Researching alternatives to the chemical imbalance theory of depression - nradov
https://www.huffingtonpost.com/entry/opinion-hari-depression-causes_us_5a6a144de4b0ddb658c46a21
======
JamesBarney
No serious scientists have thought depression was caused by any simple story
of chemical imbalances that drugs were directly fixing. The author acts like
everyone has been assuming that depressed people have an ssri deficiency. And
that's it's a huge insight to consider therapy.

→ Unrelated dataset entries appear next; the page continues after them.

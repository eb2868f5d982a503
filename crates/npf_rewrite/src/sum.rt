// Sums that follow the words that change (RFC 1624).
ghost use Rattle.std.specs.Prelude.{◌≡◌, ◌≤◌, length};
ghost use Rattle.npf_rewrite.specs.Sum.{sum_after, sum_after_word};
ghost use Rattle.npf_rewrite.specs.Word.{AllWithin, word_list};

use crate::word::WordAt;
use npf_fields::{get16, sum_adjust};

/// A sum of which 0 is a value as any other.
pub const ZERO: u16 = 0;

/// What stands for a sum of 0 in UDP, where 0 says that there is none (RFC 768).
pub const UDP_ZERO: u16 = 0xffff;

/// The sum once these words are written, where a sum that comes to 0 is written as `zero`.
pub(crate) fn sum_after(zero: u16, bytes: &[u8], words: &[WordAt], sum: u16) -> u16
    requires { AllWithin (length bytes.now) words.now }
    ensures { result ≡ sum_after zero bytes.now words.now sum }
{
    let mut adjusted = sum;
    for word in words {
        adjusted = sum_after_word(zero, adjusted, get16(bytes, word.at), word.value);
    }
    adjusted
}

/// The sum once this word is written, where there is one.
pub fn sum_after_named(zero: u16, bytes: &[u8], word: Option<WordAt>, sum: u16) -> u16
    requires { AllWithin (length bytes.now) (word_list word) }
    ensures { result ≡ sum_after zero bytes.now (word_list word) sum }
{
    match word {
        Some(word) => sum_after_word(zero, sum, get16(bytes, word.at), word.value),
        None => sum,
    }
}

/// The sum after the word `old` became `new`; a word that stays changes nothing.
pub(crate) fn sum_after_word(zero: u16, sum: u16, old: u16, new: u16) -> u16
    ensures { result ≡ sum_after_word zero sum old new }
{
    if old == new {
        return sum;
    }
    match sum_adjust(sum, old, new) {
        0 => zero,
        adjusted => adjusted,
    }
}
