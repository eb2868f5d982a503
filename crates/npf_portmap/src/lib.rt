// The ports that a translation may draw at an address, in the order in which they are tried: from a
// first candidate up to the range's end, then from the range's beginning up to the candidate. The
// search for a free port that goes on from a first choice is that of RFC 6056 section 3.3.1; which
// port is free is for the caller to find out.
//
// The contract: contracts see a `PortDraw` as the list of the ports that are left. `candidates`
// makes the list (specs/Candidate) and `next` takes its front. Where the first candidate lies in the
// range, each port of the range stands in the list once and no other does.
#![tactic(auto)]

mod draw;
pub mod laws;
mod run;

pub use draw::{PortDraw, candidates};
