// What follows the command of a line.
ghost use Rattle.std.specs.Prelude.{IfOk};
ghost use Rattle.npf_ctl_script.specs.declared.command.LineCommand.TheVariants as command;
ghost use Rattle.npf_ctl_script.specs.Arguments.{AnswersArguments};

use crate::change::split_change;
use crate::change_word::Verb;
use crate::command::LineCommand;
use crate::direction::direction_of;
use crate::file_name::file_name_of;
use crate::last::{last_count, last_moment, last_number, last_prefix};
use crate::script::ScriptLine;
use crate::words::{has_no_word, split_word};
use npf_table::trim_start;
use npf_types::{List, Name, NoMemory};
use std::alloc::Global;

/// The line of this command that has these arguments, None where there is none.
pub(crate) fn read_arguments(
    alloc: Global,
    command: LineCommand,
    text: &[u8],
) -> Result<Option<ScriptLine>, NoMemory>
    ensures { IfOk result (AnswersArguments command text.now) }
{
    match command {
        LineCommand::Capture => read_capture(alloc, text),
        LineCommand::Phase => Ok(read_phase(text)),
        LineCommand::Packets => Ok(read_packets(text)),
        LineCommand::Reload => read_reload(alloc, text),
        LineCommand::Rule => read_rule(alloc, text),
        LineCommand::Table => Ok(read_table(text)),
        LineCommand::Expire => Ok(read_expire(text)),
    }
}

fn read_capture(alloc: Global, text: &[u8]) -> Result<Option<ScriptLine>, NoMemory>
    ensures { IfOk result (AnswersArguments command.Capture text.now) }
{
    let (interface, behind) = split_word(text);
    let Some(name) = Name::of(interface) else {
        return Ok(None);
    };
    let (direction, behind) = split_word(behind);
    let Some(dir) = direction_of(direction) else {
        return Ok(None);
    };
    let Some(file) = file_name_of(alloc, behind)? else {
        return Ok(None);
    };
    Ok(Some(ScriptLine::Capture { name, dir, file }))
}

fn read_phase(text: &[u8]) -> Option<ScriptLine>
    ensures { AnswersArguments command.Phase text.now result }
{
    if has_no_word(text) {
        return Some(ScriptLine::Phase);
    }
    None
}

fn read_packets(text: &[u8]) -> Option<ScriptLine>
    ensures { AnswersArguments command.Packets text.now result }
{
    let Some(count) = last_count(text) else {
        return None;
    };
    Some(ScriptLine::Packets(count))
}

fn read_reload(alloc: Global, text: &[u8]) -> Result<Option<ScriptLine>, NoMemory>
    ensures { IfOk result (AnswersArguments command.Reload text.now) }
{
    let Some(file) = file_name_of(alloc, text)? else {
        return Ok(None);
    };
    Ok(Some(ScriptLine::Reload { file }))
}

fn read_rule(alloc: Global, text: &[u8]) -> Result<Option<ScriptLine>, NoMemory>
    ensures { IfOk result (AnswersArguments command.Rule text.now) }
{
    let Some(change) = split_change(text) else {
        return Ok(None);
    };
    let name = change.name;
    match change.verb {
        Verb::Add => {
            let rule = trim_start(change.behind).to_vec(alloc)?;
            let text = List::of_vec(rule);
            Ok(Some(ScriptLine::RuleAdd { name, text }))
        }
        Verb::RemId => {
            let Some(id) = last_number(change.behind) else {
                return Ok(None);
            };
            Ok(Some(ScriptLine::RuleRem { name, id }))
        }
        Verb::Flush => {
            if !has_no_word(change.behind) {
                return Ok(None);
            }
            Ok(Some(ScriptLine::RuleFlush { name }))
        }
        Verb::Rem => Ok(None),
    }
}

fn read_table(text: &[u8]) -> Option<ScriptLine>
    ensures { AnswersArguments command.Table text.now result }
{
    let Some(change) = split_change(text) else {
        return None;
    };
    let Some(prefix) = last_prefix(change.behind) else {
        return None;
    };
    let name = change.name;
    match change.verb {
        Verb::Add => Some(ScriptLine::TableAdd { name, prefix }),
        Verb::Rem => Some(ScriptLine::TableRem { name, prefix }),
        Verb::RemId | Verb::Flush => None,
    }
}

fn read_expire(text: &[u8]) -> Option<ScriptLine>
    ensures { AnswersArguments command.Expire text.now result }
{
    let Some(time) = last_moment(text) else {
        return None;
    };
    Some(ScriptLine::Expire(time))
}
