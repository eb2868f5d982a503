// The 16-bit words of a packet, in which the Internet checksum counts (RFC 1071 section 1). Everything is written as words, so that what is
// written and what the sums follow is one list; a time to live is written with the byte that shares its word.
ghost use Rattle.std.specs.Prelude.{◌≡◌, ◌+◌, ◌≤◌, ◌∷◌, [], length};
ghost use Rattle.npf_rewrite.specs.Word.{AllWithin, Rewrites, named_word, word_list};

use npf_fields::put16;

/// A word and its place, in bytes from the record's first.
#[derive(Clone, Copy)]
pub struct WordAt {
    pub at: usize,
    pub value: u16,
}

/// The word at this place, where there is one.
pub fn named_word(at: usize, value: Option<u16>) -> Option<WordAt>
    ensures { result ≡ named_word at value }
{
    match value {
        Some(value) => Some(WordAt { at, value }),
        None => None,
    }
}

/// Writes the words in their order.
pub(crate) fn write_words(bytes: &mut [u8], words: &[WordAt])
    requires { AllWithin (length bytes.old) words.now }
    ensures { Rewrites bytes.old words.now bytes.new }
{
    for word in words {
        write_word(bytes, *word);
    }
}

/// Writes the word, its upper half first.
pub fn write_word(bytes: &mut [u8], word: WordAt)
    requires { word.at + 2 ≤ length bytes.old }
    ensures { Rewrites bytes.old (word ∷ []) bytes.new }
{
    put16(bytes, word.at, word.value);
}

/// Writes the word, where there is one.
pub fn write_named(bytes: &mut [u8], word: Option<WordAt>)
    requires { AllWithin (length bytes.old) (word_list word) }
    ensures { Rewrites bytes.old (word_list word) bytes.new }
{
    if let Some(word) = word {
        write_word(bytes, word);
    }
}
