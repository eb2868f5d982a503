// Translation (RFC 3022, RFC 6296); specs/Translated.antt says which words it writes. The sum of ICMPv6 counts the addresses for every
// message, an echo or not, and that of ICMP none.
ghost use Rattle.std.specs.Prelude.{◌≡◌, ◌<◌, ◌^◌, ◌++◌, length};
ghost use Rattle.npf_key.specs.Translated.{named_port};
ghost use Rattle.npf_rewrite.specs.Room.{HasRoom};
ghost use Rattle.npf_rewrite.specs.Sum.{sum_after};
ghost use Rattle.npf_rewrite.specs.Translated.{FitsWithin, Translated, address_writes, destination_at, destination_write, header_sum, identifier_write, named_writes, new_ends, port_writes, source_at, source_write, sum_writes, upper_sum, upper_sum_after, upper_sum_at};
ghost use Rattle.npf_rewrite.specs.Word.{Rewrites, word_list};

use crate::address::{sum_after_end, write_end};
use crate::sum::{UDP_ZERO, ZERO, sum_after_named};
use crate::word::{WordAt, named_word, write_named};
use npf_fields::get16;
use npf_key::{fitting, named_port};
use npf_types::{Addr, Change, End, Facts, L4};

/// The offsets of the headers' fields, in bytes.
pub(crate) mod field {
    pub const IPV4_CHECKSUM: usize = 10;

    pub const IPV4_SOURCE: usize = 12;

    pub const IPV4_DESTINATION: usize = 16;

    pub const IPV6_SOURCE: usize = 8;

    pub const IPV6_DESTINATION: usize = 24;

    pub const SOURCE_PORT: usize = 0;

    pub const DESTINATION_PORT: usize = 2;

    pub const IDENTIFIER: usize = 4;

    pub const TCP_CHECKSUM: usize = 16;

    pub const UDP_CHECKSUM: usize = 6;

    pub const ICMP_CHECKSUM: usize = 2;
}

/// The ends that a change gives a packet, of its own family.
#[derive(Clone, Copy)]
pub(crate) struct NewEnds {
    pub(crate) src: Option<End>,
    pub(crate) dst: Option<End>,
}

/// Writes what the change names in the packet with these facts, which are those of its bytes: each
/// end's address, its port or the echo's identifier, and, where the change isn't neutral, the sums
/// of the IP header and of what is carried (RFC 1624). An end of another family changes nothing.
pub fn translate(bytes: &mut [u8], facts: &Facts, change: &Change)
    requires { HasRoom (length bytes.old) facts.now }
    ensures { Translated bytes.old facts.now change.now bytes.new }
{
    let ends = new_ends(facts, change);
    if change.neutral {
        write_ends(bytes, facts, &ends);
    } else {
        write_ends_and_sums(bytes, facts, &ends);
    }
}

/// The named ends that are of the packet's family.
fn new_ends(facts: &Facts, change: &Change) -> NewEnds
    ensures { result ≡ new_ends facts.now change.now }
{
    NewEnds {
        src: fitting(facts.src, &change.src),
        dst: fitting(facts.src, &change.dst),
    }
}

/// Writes the ends, and the sums of what they were written over.
fn write_ends_and_sums(bytes: &mut [u8], facts: &Facts, ends: &NewEnds)
    requires { FitsWithin (length bytes.old) facts.now ends.now }
    ensures { Rewrites bytes.old (named_writes facts.now ends.now ++ sum_writes bytes.old facts.now ends.now) bytes.new }
{
    let header = header_sum(bytes, facts, ends);
    let upper = upper_sum(bytes, facts, ends);
    write_ends(bytes, facts, ends);
    write_named(bytes, header);
    write_named(bytes, upper);
}

fn write_ends(bytes: &mut [u8], facts: &Facts, ends: &NewEnds)
    requires { FitsWithin (length bytes.old) facts.now ends.now }
    ensures { Rewrites bytes.old (named_writes facts.now ends.now) bytes.new }
{
    write_end(bytes, source_at(facts), &ends.src);
    write_end(bytes, destination_at(facts), &ends.dst);
    write_named(bytes, source_write(facts, ends));
    write_named(bytes, destination_write(facts, ends));
}

/// Where the source's address stands.
fn source_at(facts: &Facts) -> usize
    ensures value { result ≡ source_at facts.now.ip_at facts.now.src }
    ensures place { result < 2 ^ 33 }
{
    let at = facts.ip_at as usize;
    match facts.src {
        Addr::V4(_) => at + field::IPV4_SOURCE,
        Addr::V6(_) => at + field::IPV6_SOURCE,
    }
}

/// Where the destination's address stands.
fn destination_at(facts: &Facts) -> usize
    ensures value { result ≡ destination_at facts.now.ip_at facts.now.src }
    ensures place { result < 2 ^ 33 }
{
    let at = facts.ip_at as usize;
    match facts.src {
        Addr::V4(_) => at + field::IPV4_DESTINATION,
        Addr::V6(_) => at + field::IPV6_DESTINATION,
    }
}

/// The source's port that is named, or the identifier that stands for both ports.
fn source_write(facts: &Facts, ends: &NewEnds) -> Option<WordAt>
    ensures { result ≡ source_write facts.now.l4_at (named_port ends.now.src) (named_port ends.now.dst) facts.now.l4 }
{
    let at = facts.l4_at as usize;
    match facts.l4 {
        L4::Tcp { .. } | L4::Udp { .. } => named_word(
            at + field::SOURCE_PORT,
            named_port(&ends.src),
        ),
        L4::Icmp { echo, .. } | L4::Icmp6 { echo, .. } => identifier_write(at, ends, echo),
        L4::Other => None,
    }
}

/// The identifier that either side names, in an echo message.
fn identifier_write(at: usize, ends: &NewEnds, echo: Option<u16>) -> Option<WordAt>
    requires { at < 2 ^ 32 }
    ensures { result ≡ identifier_write at (named_port ends.now.src) (named_port ends.now.dst) echo }
{
    match echo {
        Some(_) => named_word(
            at + field::IDENTIFIER,
            named_port(&ends.src).or(named_port(&ends.dst)),
        ),
        None => None,
    }
}

/// The destination's port that is named.
fn destination_write(facts: &Facts, ends: &NewEnds) -> Option<WordAt>
    ensures { result ≡ destination_write facts.now.l4_at (named_port ends.now.src) (named_port ends.now.dst) facts.now.l4 }
{
    let at = facts.l4_at as usize;
    match facts.l4 {
        L4::Tcp { .. } | L4::Udp { .. } => {
            named_word(at + field::DESTINATION_PORT, named_port(&ends.dst))
        }
        _ => None,
    }
}

/// The sum of a header of IPv4 once the addresses are written.
fn header_sum(bytes: &[u8], facts: &Facts, ends: &NewEnds) -> Option<WordAt>
    requires { FitsWithin (length bytes.now) facts.now ends.now }
    ensures { result ≡ header_sum bytes.now facts.now.ip_at facts.now.src (address_writes facts.now ends.now) }
{
    match facts.src {
        Addr::V4(_) => {
            let at = facts.ip_at as usize + field::IPV4_CHECKSUM;
            let value = sum_after_addresses(ZERO, bytes, facts, ends, get16(bytes, at));
            Some(WordAt { at, value })
        }
        Addr::V6(_) => None,
    }
}

/// The sum of what is carried once addresses and ports are written.
fn upper_sum(bytes: &[u8], facts: &Facts, ends: &NewEnds) -> Option<WordAt>
    requires { FitsWithin (length bytes.now) facts.now ends.now }
    ensures { result ≡ upper_sum bytes.now facts.now ends.now }
{
    match upper_sum_at(facts) {
        Some(at) => {
            let value = upper_sum_after(bytes, facts, ends, get16(bytes, at));
            Some(WordAt { at, value })
        }
        None => None,
    }
}

/// Where the sum of what is carried stands.
fn upper_sum_at(facts: &Facts) -> Option<usize>
    ensures { result ≡ upper_sum_at facts.now.l4_at facts.now.l4 }
{
    let at = facts.l4_at as usize;
    match facts.l4 {
        L4::Tcp { .. } => Some(at + field::TCP_CHECKSUM),
        L4::Udp { .. } => Some(at + field::UDP_CHECKSUM),
        L4::Icmp { .. } | L4::Icmp6 { .. } => Some(at + field::ICMP_CHECKSUM),
        L4::Other => None,
    }
}

/// The sum of what is carried, by its protocol.
fn upper_sum_after(bytes: &[u8], facts: &Facts, ends: &NewEnds, sum: u16) -> u16
    requires { FitsWithin (length bytes.now) facts.now ends.now }
    ensures { result ≡ upper_sum_after bytes.now facts.now.src facts.now.l4 (address_writes facts.now ends.now) (port_writes facts.now ends.now) sum }
{
    match (facts.l4, facts.src) {
        (L4::Tcp { .. } | L4::Icmp6 { .. }, _) => sum_after_both(ZERO, bytes, facts, ends, sum),
        (L4::Udp { .. }, Addr::V4(_)) if sum == 0 => 0,
        (L4::Udp { .. }, _) => sum_after_both(UDP_ZERO, bytes, facts, ends, sum),
        (L4::Icmp { .. }, _) => sum_after_ports(ZERO, bytes, facts, ends, sum),
        (L4::Other, _) => sum,
    }
}

/// A sum that counts addresses and ports.
fn sum_after_both(zero: u16, bytes: &[u8], facts: &Facts, ends: &NewEnds, sum: u16) -> u16
    requires { FitsWithin (length bytes.now) facts.now ends.now }
    ensures { result ≡ sum_after zero bytes.now (address_writes facts.now ends.now ++ port_writes facts.now ends.now) sum }
{
    let sum = sum_after_addresses(zero, bytes, facts, ends, sum);
    sum_after_ports(zero, bytes, facts, ends, sum)
}

fn sum_after_addresses(zero: u16, bytes: &[u8], facts: &Facts, ends: &NewEnds, sum: u16) -> u16
    requires { FitsWithin (length bytes.now) facts.now ends.now }
    ensures { result ≡ sum_after zero bytes.now (address_writes facts.now ends.now) sum }
{
    let sum = sum_after_end(zero, bytes, source_at(facts), &ends.src, sum);
    sum_after_end(zero, bytes, destination_at(facts), &ends.dst, sum)
}

fn sum_after_ports(zero: u16, bytes: &[u8], facts: &Facts, ends: &NewEnds, sum: u16) -> u16
    requires { FitsWithin (length bytes.now) facts.now ends.now }
    ensures { result ≡ sum_after zero bytes.now (port_writes facts.now ends.now) sum }
{
    let sum = sum_after_named(zero, bytes, source_write(facts, ends), sum);
    sum_after_named(zero, bytes, destination_write(facts, ends), sum)
}
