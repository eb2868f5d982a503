// The words of a line.
ghost use Rattle.std.specs.Prelude.{◌≡◌, ◌↔◌, ℕ, List, IsTrue, MatchOption, position};
ghost use Rattle.npf_table.specs.Line.{is_blank};
ghost use Rattle.npf_ctl_script.specs.Words.{HasNoWord, IsComment, IsOnlyWord, IsSkipped, behind_word, leading_word};

use npf_table::trim_start;

/// The first word of the text, empty where it has none, and what stands behind it.
pub(crate) fn split_word(text: &[u8]) -> (&[u8], &[u8])
    ensures word { result.0.now ≡ leading_word text.now }
    ensures behind { result.1.now ≡ behind_word text.now }
{
    let text = trim_start(text);
    match blank_place(text) {
        Some(at) => text.split_at(at),
        None => text.split_at(text.len()),
    }
}

/// The first place at which a blank stands.
fn blank_place(text: &[u8]) -> Option<usize>
    ensures { result ≡ position is_blank text.now }
{
    text.iter().position(|byte| is_blank(*byte))
}

fn is_blank(byte: u8) -> bool
    ensures { result ≡ is_blank byte }
{
    byte == b' ' || byte == b'\t'
}

/// Whether the text has nothing but blanks.
pub(crate) fn has_no_word(text: &[u8]) -> bool
    ensures { IsTrue result ↔ HasNoWord text.now }
{
    trim_start(text).is_empty()
}

/// The only word of the text, None where another one follows it. It is empty where the text has none.
pub(crate) fn only_word(text: &[u8]) -> Option<&[u8]>
    ensures { MatchOption result ((word : List ℕ) → ¬ IsOnlyWord text.now word) (λ word. IsOnlyWord text.now word.now) }
{
    let (word, behind) = split_word(text);
    if has_no_word(behind) {
        return Some(word);
    }
    None
}

/// Whether the line is no command: a comment, or blank.
pub(crate) fn is_skipped(line: &[u8]) -> bool
    ensures { IsTrue result ↔ IsSkipped line.now }
{
    begins_comment(line) || has_no_word(line)
}

fn begins_comment(line: &[u8]) -> bool
    ensures { IsTrue result ↔ IsComment line.now }
{
    line.first() == Some(&b'#')
}
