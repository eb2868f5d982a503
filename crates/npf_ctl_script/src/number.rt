// The numbers of a script: decimal, without a sign or a leading zero.
ghost use Rattle.std.specs.Prelude.{◌≢◌, ◌^◌, slice_index};
ghost use Rattle.npf_types.specs.Reading.{IsReading};
ghost use Rattle.npf_ctl_script.specs.Numbers.{IsNumberBelow, IsNumeralBelow};

use std::str;

/// The number that the word writes, where it fits.
pub(crate) fn number_of(word: &[u8]) -> Option<u64>
    ensures { IsReading (IsNumberBelow (2 ^ 64)) word.now result }
{
    let Some(first) = word.first() else {
        return None;
    };
    if *first == b'+' || (*first == b'0' && word.len() > 1) {
        return None;
    }
    numeral_of(word)
}

/// The same, where it fits in 32 bits.
pub(crate) fn short_number_of(word: &[u8]) -> Option<u32>
    ensures { IsReading (IsNumberBelow (2 ^ 32)) word.now result }
{
    let Some(number) = number_of(word) else {
        return None;
    };
    if number > u64::from(u32::MAX) {
        return None;
    }
    Some(number as u32)
}

/// The number that the digits write, where it fits. Zeros may lead.
pub(crate) fn numeral_of(digits: &[u8]) -> Option<u64>
    requires { slice_index digits.now 0 ≢ 43 }
    ensures { IsReading (IsNumeralBelow (2 ^ 64)) digits.now result }
{
    let Ok(text) = str::from_utf8(digits) else {
        return None;
    };
    match text.parse::<u64>() {
        Ok(number) => Some(number),
        Err(_) => None,
    }
}
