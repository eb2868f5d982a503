// The script of a run (docs/npfctl.8, "Scripts"): a command on each line, which names a capture, begins a phase, or stands
// in one.
//
// `words` parts a line into words; `command`, `verb`, `direction`, `number`, `seconds` and `file_name` say what one of them is,
// `last` what the last one of a line is, `change` what stands first in a change of rules or tables. `arguments` reads what
// follows a command, `section` says which commands may come next, and `reading` reads the text line by line. `laws`: a text is
// one script at most, and none that is refused.
//
// The contract: what is read is each line of the text that isn't skipped, with its number from 1 and as its command's form has
// it (specs/Arguments, specs/Lines), and the text is refused exactly where a line has none of the forms or stands where it may
// not; then the first such line is told.
#![tactic(auto)]

mod arguments;
mod change;
mod change_word;
mod command;
mod direction;
mod file_name;
mod last;
pub mod laws;
mod lines;
mod number;
mod script;
mod seconds;
mod section;
mod words;

pub use lines::read_script;
pub use script::{Script, ScriptFault, ScriptLine};
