// The validator. What is too long breaks a rule at the 4,097th instruction, so a bad one before that is told first.
ghost use Rattle.std.specs.Prelude.{◌≡◌, ◌+◌, ◌-◌, ◌<◌, ◌≤◌, ◌↔◌, IsTrue, IsOk, IfOk, IfErr, IfSome, IsNone, length};
ghost use Rattle.npf_bpf.specs.Validity.{DividesByNonzero, IsAllowed, IsFirstFault, IsReturn, IsValid, JumpsWithin, KeepsRules, StaysInMemory};

use crate::insn::Insn;
use crate::operation::{Arithmetic, MEMORY_WORDS, Operand, Operation, decode};
use std::alloc::{AllocError, Global};
use std::marker::Model;

/// How many instructions a program has at most.
pub const MAX_INSNS: usize = 4096;

/// A valid program. Contracts see it as the list of its instructions.
#[derive(Drop)]
pub struct Program {
    code: Vec<Insn>,
}

impl Model for Program {
    ghost use Rattle.std.specs.Prelude.{List};
    ghost use Rattle.npf_bpf.specs.declared.insn.Insn.{Insn};
    ghost use Rattle.npf_bpf.specs.Validity.{IsValid};

    ghost Value = { List Insn };

    ghost view = { λ p. p.code.items };

    ghost invariant = { λ p. IsValid p.code.items };
}

impl Program {
    /// The instructions.
    pub fn insns(&self) -> &[Insn]
        ensures value { result.now ≡ self.now }
        ensures valid { IsValid self.now }
    {
        &self.code
    }

    /// An equal program. It isn't validated anew.
    pub fn copy(&self, alloc: Global) -> Result<Program, AllocError>
        ensures { IfOk result (λ copy. copy ≡ self.now) }
    {
        Ok(Program {
            code: self.code.to_vec(alloc)?,
        })
    }
}

/// Where a program breaks the rules.
#[derive(Clone, Copy, PartialEq, Eq, Debug)]
pub struct BadInsn {
    /// The place of the first instruction that breaks a rule, counted from 0.
    pub at: u32,
}

/// The program of these instructions, if they keep the rules of bpf(4) and of this profile: 1 to
/// `MAX_INSNS` instructions; each in bpf(4)'s table; a memory index below `MEMORY_WORDS`; no
/// division by a constant 0; each jump to an instruction of the program; a return as the last one.
/// An empty program is refused at 0, and one that is too long at `MAX_INSNS`, unless an instruction
/// before that breaks a rule of its own. The instructions that are refused are dropped.
pub fn validate(code: Vec<Insn>) -> Result<Program, BadInsn>
    ensures accepts { IsOk result ↔ IsValid code.items }
    ensures value { IfOk result (λ p. p ≡ code.items) }
    ensures refuses { IfErr result (λ bad. IsFirstFault code.items bad.at) }
{
    match first_fault(&code) {
        Some(at) => Err(BadInsn { at }),
        None => Ok(Program { code }),
    }
}

fn first_fault(code: &[Insn]) -> Option<u32>
    ensures none { IsNone result ↔ IsValid code.now }
    ensures first { IfSome result (IsFirstFault code.now) }
{
    if code.is_empty() {
        return Some(0);
    }
    for (at, insn) in code.iter().enumerate() {
        if at == MAX_INSNS || !is_in_order(*insn, code.len() - 1 - at) {
            return Some(at as u32);
        }
    }
    None
}

// Whether the instruction may stand where that many others come after it.
fn is_in_order(insn: Insn, after: usize) -> bool
    ensures { IsTrue result ↔ KeepsRules insn after }
{
    match decode(insn) {
        Some(operation) => is_allowed(operation, after),
        None => false,
    }
}

fn is_allowed(operation: Operation, after: usize) -> bool
    ensures { IsTrue result ↔ IsAllowed operation after }
{
    stays_in_memory(operation)
        && divides_by_nonzero(operation)
        && jumps_within(operation, after)
        && (after > 0 || is_return(operation))
}

fn stays_in_memory(operation: Operation) -> bool
    ensures { IsTrue result ↔ StaysInMemory operation }
{
    match operation {
        Operation::LoadMemory(k)
        | Operation::LoadIndexMemory(k)
        | Operation::Store(k)
        | Operation::StoreIndex(k) => (k as usize) < MEMORY_WORDS,
        _ => true,
    }
}

fn divides_by_nonzero(operation: Operation) -> bool
    ensures { IsTrue result ↔ DividesByNonzero operation }
{
    match operation {
        Operation::Calculate(Arithmetic::Divide, Operand::Constant(k)) => k != 0,
        _ => true,
    }
}

fn jumps_within(operation: Operation, after: usize) -> bool
    ensures { IsTrue result ↔ JumpsWithin operation after }
{
    match operation {
        Operation::Jump(k) => (k as usize) < after,
        Operation::JumpIf(_, _, distances) => {
            (distances.on_true as usize) < after && (distances.on_false as usize) < after
        }
        _ => true,
    }
}

fn is_return(operation: Operation) -> bool
    ensures { IsTrue result ↔ IsReturn operation }
{
    match operation {
        Operation::ReturnConstant(_) | Operation::ReturnAccumulator => true,
        _ => false,
    }
}
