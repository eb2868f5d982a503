// What follows of what a script is. Each function does nothing: it is a theorem.
ghost use Rattle.npf_ctl_script.specs.Laws.{NoScriptIsRefused, OneScript};

/// A text reads as one script at most.
pub fn one_script()
    ensures { OneScript }
{}

/// No text that reads as a script has a first bad line.
pub fn no_script_is_refused()
    ensures { NoScriptIsRefused }
{}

And people have tried therapy for a very long time. The best studies show it's
as effective as anti depressants. But here's the rub, it's very expensive to
go the therapy.

My wife had a condition that is more amenable to therapy than drugs and that
cost us $500/week, and the only reason she could make her appointments was
because she didn't need to work. I have no idea how a working family would
have been able to afford it.

Her ssri's are 15$ a month and she has to see a psychiatrist every 3 months.

------
PaulHoule
It is environment + chemistry.

"Underdog" animals develop a low serotonin state.

[http://www.ulm.edu/~palmer/TheBiochemistryofStatusandtheFunc...](http://www.ulm.edu/~palmer/TheBiochemistryofStatusandtheFunctionofMoodStates.htm)

Many of the behaviors and attributes associated with "poor" people are similar
to the low-serotonin state described above.

If you are "ground down like a minion", SSRIs attenuate the negative impacts
of that.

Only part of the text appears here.